As these higher stockpiles flow through the broker expects traders to short the metal, so exacerbating the impact. Given such an outlook it suggests prices could fall as much as 30-40% over the next two quarters.
The broker recently revised up its average price forecast for this year by 29% to US$13.88/lb, though this remains well below current spot prices. It has similarly increased its longer-term forecasts, with 2008 increasing by 11% to US$10.50/lb and in 2009 by 13% to US$9.00/lb, this being close to where it expects prices to settle for the next few years thanks to the positive impact of supply constraints and delays at projects such as Ravensthorpe and Goro.
Adding to the broker’s negative outlook is the move by the Chinese to use nickel pig iron as a substitute in stainless steel. Currently this is limited to lower grade levels of stainless, but the broker notes if it can be applied to higher grades there is a potential impact of about 70,000 tonnes of additional supply, which would be a negative for prices.

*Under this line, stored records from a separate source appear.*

//! The kept nodes of a level, on both sides.

ghost use Rattle.std.specs.Prelude.{◌≡◌, ◌++◌, IfOk, OnOk, OnErr};
ghost use Rattle.level_nodes.specs.Level.{Level, left_at, right_at, same_level};
ghost use Rattle.level_nodes.specs.Steps.LevelEquality.{same_level-per, same_level-equiv};

use crate::left_nodes::LeftNodes;
use std::alloc::{AllocError, Allocator};
use std::marker::Model;
use xet_roots::aggregated_hashes::Node;

/// The kept nodes of a level, on both sides.
#[derive(Debug, Drop)]
pub struct LevelNodes<A: Allocator> {
    left: LeftNodes<A>,
    right: Vec<Node, A>,
}

impl<A: Allocator> Model for LevelNodes<A> {
    ghost Value = { Level };

    ghost view = { λ nodes. record { left = nodes.left; right = nodes.right.items } };
}

impl<A: Allocator> LevelNodes<A> {
    /// Makes a level of its nodes.
    pub fn new(left: Vec<Node, A>, right: Vec<Node, A>) -> Self
        ensures { result ≡ record { left = left.items; right = right.items } }
    {
        LevelNodes {
            left: LeftNodes::new(left),
            right,
        }
    }

    /// Returns the left nodes.
    pub fn left(&self) -> &[Node]
        ensures { result.now ≡ self.now.left }
    {
        self.left.as_slice()
    }

    /// Returns the right nodes.
    pub fn right(&self) -> &[Node]
        ensures { result.now ≡ self.now.right }
    {
        &self.right
    }

    /// Replaces the left nodes.
    pub fn set_left(&mut self, left: Vec<Node, A>)
        ensures { self.new ≡ record { left = left.items; right = self.old.right } }
    {
        self.left = LeftNodes::new(left);
    }

    /// Replaces the right nodes.
    pub fn set_right(&mut self, right: Vec<Node, A>)
        ensures { self.new ≡ record { left = self.old.left; right = right.items } }
    {
        self.right = right;
    }

    /// Puts nodes after the left ones.
    pub fn extend_left(&mut self, more: &[Node]) -> Result<(), AllocError>
        ensures extended { OnOk result (self.new ≡ record { left = self.old.left ++ more.now; right = self.old.right }) }
        ensures unchanged { OnErr result (self.new ≡ self.old) }
    {
        self.left.extend(more)
    }

    /// Puts nodes after the right ones.
    pub fn extend_right(&mut self, more: &[Node]) -> Result<(), AllocError>
        ensures extended { OnOk result (self.new ≡ record { left = self.old.left; right = self.old.right ++ more.now }) }
        ensures unchanged { OnErr result (self.new ≡ self.old) }
    {
        self.right.extend_from_slice(more)
    }
}

impl<A: Allocator + Clone> LevelNodes<A> {
    /// Returns a level with copies of these nodes, allocated by `alloc`.
    pub fn copied(alloc: A, left: &[Node], right: &[Node]) -> Result<Self, AllocError>
        ensures { IfOk result (λ level. level ≡ record { left = left.now; right = right.now }) }
    {
        let left = left.to_vec(alloc.clone()?)?;
        let right = right.to_vec(alloc)?;
        Ok(LevelNodes::new(left, right))
    }

    /// Puts nodes before the left ones. On average each node is copied a constant number of times.
    pub fn prepend_left(&mut self, more: &[Node]) -> Result<(), AllocError>
        ensures prepended { OnOk result (self.new ≡ record { left = more.now ++ self.old.left; right = self.old.right }) }
        ensures unchanged { OnErr result (self.new ≡ self.old) }
    {
        self.left.prepend(more)
    }
}

impl<A: Allocator> PartialEq for LevelNodes<A> {
    ghost eq = { same_level };

    ghost laws = { same_level-per };

    fn eq(&self, other: &Self) -> bool {
        self.left() == other.left() && self.right == other.right
    }
}

impl<A: Allocator> Eq for LevelNodes<A> {
    ghost laws = { same_level-equiv };
}

/// Returns a copy of levels.
pub fn copy_levels<A: Allocator + Clone>(
    alloc: A,
    levels: &[LevelNodes<A>],
) -> Result<Vec<LevelNodes<A>, A>, AllocError>
    ensures { IfOk result (λ copy. copy.items ≡ levels.now) }
{
    let mut copy = Vec::with_capacity(alloc.clone()?, levels.len())?;
    'levels: for level in levels {
        copy.push(LevelNodes::copied(alloc.clone()?, level.left(), level.right())?)?;
    }
    Ok(copy)
}

/// Returns the left nodes of a level, or none if there is no such level.
pub fn left_at<A: Allocator>(levels: &[LevelNodes<A>], level: usize) -> &[Node]
    ensures { result.now ≡ left_at levels.now level }
{
    match levels.get(level) {
        Some(level) => level.left(),
        None => &[],
    }
}

/// Returns the right nodes of a level, or none if there is no such level.
pub fn right_at<A: Allocator>(levels: &[LevelNodes<A>], level: usize) -> &[Node]
    ensures { result.now ≡ right_at levels.now level }
{
    match levels.get(level) {
        Some(level) => level.right(),
        None => &[],
    }
}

Despite this the broker remains more positive on prices than is JP Morgan, which is forecasting an average price this year of US$12.70/lb, falling to US$7.03/lb in 2008. The broker’s long-term price forecast is US$4.54/lb, highlighting how far the metal could come back if things don’t run in its favour.
Smith Barney Citigroup is more aggressive with its forecast this year, estimating an average price of US$15.91 per pound. Looking beyond this year it sees prices falling sharply, to an average of US$9.25 per pound in 2008 and US$4.00 per pound long-term. Morgan Stanley is more positive, forecasting an average price of US$14.50 per pound for 2007, US$12.50 per pound in 2008 and US$6.00 per pound long-term.
While this looks negative for the metal Macquarie notes even allowing for such declines the nickel price would still be high compared to historical levels. In addition, with capital and operating costs having moved sharply higher, a long-term price of something close to its forecast of US$5.50 per pound, up from US$4.50, will be needed to make investment in new projects profitable.
Merrill Lynch prefers other sectors in the commodity sphere but Macquarie’s preference among the nickel plays is Jubilee Mines (JBM), which it rates as Outperform. Among the other nickel stocks it rates Independence Group (IGO), Mincor Resources (MCR) and Sally Mallay (SMY) as Neutral and Minara (MRE) as Underperform.